282: Capítulo 283 ¿Y si no estoy de acuerdo?
En cuanto Mya entró en la villa, vio que el salón estaba hecho un desastre.
Las criadas temblaban y se apartaban, sin atreverse a decir una palabra.
El autor estaba sentado en el sofá, jugando con un cuchillo de fruta.
A Mya le asustó un poco el cuchillo que tenía en la mano, pero aun así caminó hacia él con valentía.
—He vuelto —dijo.
Martin levantó lentamente la cabeza y la miró fijamente con sus ojos negros como el carbón.

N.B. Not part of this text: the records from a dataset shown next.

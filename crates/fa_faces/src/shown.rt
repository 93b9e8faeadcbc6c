// What the trees of a box show outside: the fields of its ports, and whether it leads back.

ghost use Rattle.std.specs.Prelude.{◌≡◌, ◌<◌, ◌^◌, ℕ, List, length, IfOk, Some, MatchOption};
ghost use Rattle.fa_box_rules.specs.Rules.{Breaks5};
ghost use Rattle.fa_faces.specs.Faults.{box_inside};
ghost use Rattle.fa_faces.specs.inner.Parts.{IsReady, AllRight, AreTopsRight, AreSigned, IsGiven, IsShown};

use fa_back::ranked_insides;
use fa_boxes::fields_of_port;
use fa_core::{BoxFace, BoxTable, Signature};
use fa_reach::laws::choices_are_of_signatures;
use fa_reach::{Lead, lead};
use fore_base::list::List;
use fore_base::memory::Mem;
use std::alloc::Global;
use ta_core::auto::Auto;

/// The face that the trees of the box show, if they show one; else the box breaks B5.
///
/// # Errors
///
/// Want of memory.
pub fn shown_face(
    alloc: Global,
    table: &BoxTable,
    input: u32,
    output: Option<u32>,
    autos: &[Auto],
    lists: &[List<Signature>],
) -> Mem<Option<BoxFace>>
    requires ready { IsReady table.now.face (box_inside input output autos.now) }
    requires right { AllRight table.now.face (box_inside input output autos.now) }
    requires tops { AreTopsRight table.now.face.boxes (box_inside input output autos.now) }
    requires signed { AreSigned table.now.face.boxes autos.now lists.now }
    ensures { IfOk result (λ found. MatchOption found
        (Breaks5 table.now.face table.now.defs (box_inside input output autos.now))
        (IsShown table.now.face table.now.defs (box_inside input output autos.now))) }
{
    match fields_of_port(alloc, table.face(), autos, lists, output, 0)? {
        Some(gives_in) => match output {
            Some(shape) => two_shown(alloc, table, input, shape, autos, lists, gives_in),
            None => Ok(Some(BoxFace {
                input,
                output: None,
                gives_in,
                gives_out: List::new(alloc),
                back: false,
            })),
        },
        None => Ok(None),
    }
}

/// So for a box with an output, whose trees show these fields at its input.
fn two_shown(
    alloc: Global,
    table: &BoxTable,
    input: u32,
    shape: u32,
    autos: &[Auto],
    lists: &[List<Signature>],
    gives_in: List<u32>,
) -> Mem<Option<BoxFace>>
    requires ready { IsReady table.now.face (box_inside input (Some shape) autos.now) }
    requires right { AllRight table.now.face (box_inside input (Some shape) autos.now) }
    requires tops { AreTopsRight table.now.face.boxes (box_inside input (Some shape) autos.now) }
    requires signed { AreSigned table.now.face.boxes autos.now lists.now }
    requires input { IsGiven table.now.face.boxes autos.now 0 gives_in }
    ensures { IfOk result (λ found. MatchOption found
        (Breaks5 table.now.face table.now.defs (box_inside input (Some shape) autos.now))
        (IsShown table.now.face table.now.defs (box_inside input (Some shape) autos.now))) }
{
    match fields_of_port(alloc, table.face(), autos, lists, Some(shape), 1)? {
        Some(gives_out) => led_shown(
            alloc, table, input, shape, autos, lists, gives_in, gives_out,
        ),
        None => Ok(None),
    }
}

/// So where these are the fields of its output.
fn led_shown(
    alloc: Global,
    table: &BoxTable,
    input: u32,
    shape: u32,
    autos: &[Auto],
    lists: &[List<Signature>],
    gives_in: List<u32>,
    gives_out: List<u32>,
) -> Mem<Option<BoxFace>>
    requires ready { IsReady table.now.face (box_inside input (Some shape) autos.now) }
    requires right { AllRight table.now.face (box_inside input (Some shape) autos.now) }
    requires tops { AreTopsRight table.now.face.boxes (box_inside input (Some shape) autos.now) }
    requires signed { AreSigned table.now.face.boxes autos.now lists.now }
    requires input { IsGiven table.now.face.boxes autos.now 0 gives_in }
    requires output { IsGiven table.now.face.boxes autos.now 1 gives_out }
    ensures { IfOk result (λ found. MatchOption found
        (Breaks5 table.now.face table.now.defs (box_inside input (Some shape) autos.now))
        (IsShown table.now.face table.now.defs (box_inside input (Some shape) autos.now))) }
{
    table.known();
    ranked_insides(table);
    choices_are_of_signatures();
    match lead(alloc, lists, 1, 0)? {
        Lead::Always => Ok(Some(face_of(input, shape, gives_in, gives_out, true))),
        Lead::Never => Ok(Some(face_of(input, shape, gives_in, gives_out, false))),
        Lead::Sometimes => Ok(None),
    }
}

fn face_of(input: u32, shape: u32, gives_in: List<u32>, gives_out: List<u32>, back: bool) -> BoxFace
    ensures { result ≡ record {
      input = input;
      output = Some shape;
      gives_in = gives_in;
      gives_out = gives_out;
      back = back;
    } }
{
    BoxFace {
        input,
        output: Some(shape),
        gives_in,
        gives_out,
        back,
    }
}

La miraba fijamente sin decir una palabra, como si estuviera mirando a una presa a punto de morir.
Asustada por su mirada, Mya apretó los puños con fuerza y empezó a sudar frío.
Se obligó a calmarse y miró a Martin.
—Señor Smith, hablemos.
—De acuerdo.
Martin palmeó el asiento a su lado mientras le sonreía débilmente.
Su sonrisa hizo que Mya entrara en pánico.
En lugar de sentarse a su lado, se sentó en el sofá individual frente a él.
—Señor Smith, no puedo volver a Francia con usted.
—Claro.
Martin asintió, como si ya hubiera adivinado su decisión y no se la tomara a pecho.
Mya sabía que Martin le diría lo mismo que antes, así que no tenía prisa por hablar.
Los dos se enfrentaron durante largo rato.
Al final, Martin dijo despreocupadamente: —Acordamos que no tienes que ser la sustituta de Valery si nos vamos a Francia.
Será lo contrario si nos quedamos aquí.
¿Te has decidido?
Tras unos segundos de silencio, Mya se armó de valor y preguntó: —¿Y si no estoy de acuerdo?
En realidad, ella sabía muy bien que el hecho de que ella fuera o no una sustituta no tenía ninguna importancia para Martin.
Porque a sus ojos, ella era Valery.
Podía controlarla como quisiera.
Sólo la amenazaba y la obligaba a volver a Francia con él.
Pero ahora, ella había decidido quedarse con Darío, así que no podía ir a Francia con Martin.
Es más, tenía que divorciarse de Martin.
Pero no sabía cómo negociar con él.
Mya decidió preguntarle primero qué quería.
Martin apoyó la barbilla en una mano e inclinó la cabeza para mirarla.
—Está bien si no estás de acuerdo, pero tienes que decirme, ¿cómo te convenció Troy para que te quedaras?
Troy se la llevó del aeropuerto, luego se negó a volver a Francia en cuanto regresó.
Troy debió de persuadirla con algo.
Mya le miró con calma y dijo: —Debe de ser algo muy importante para mí.
No le dijo a Martin que Darío seguía vivo porque no quería poner en peligro a Darío.
Como ella no quería dar la respuesta real, Martin sintió que no había necesidad de hablar de ello.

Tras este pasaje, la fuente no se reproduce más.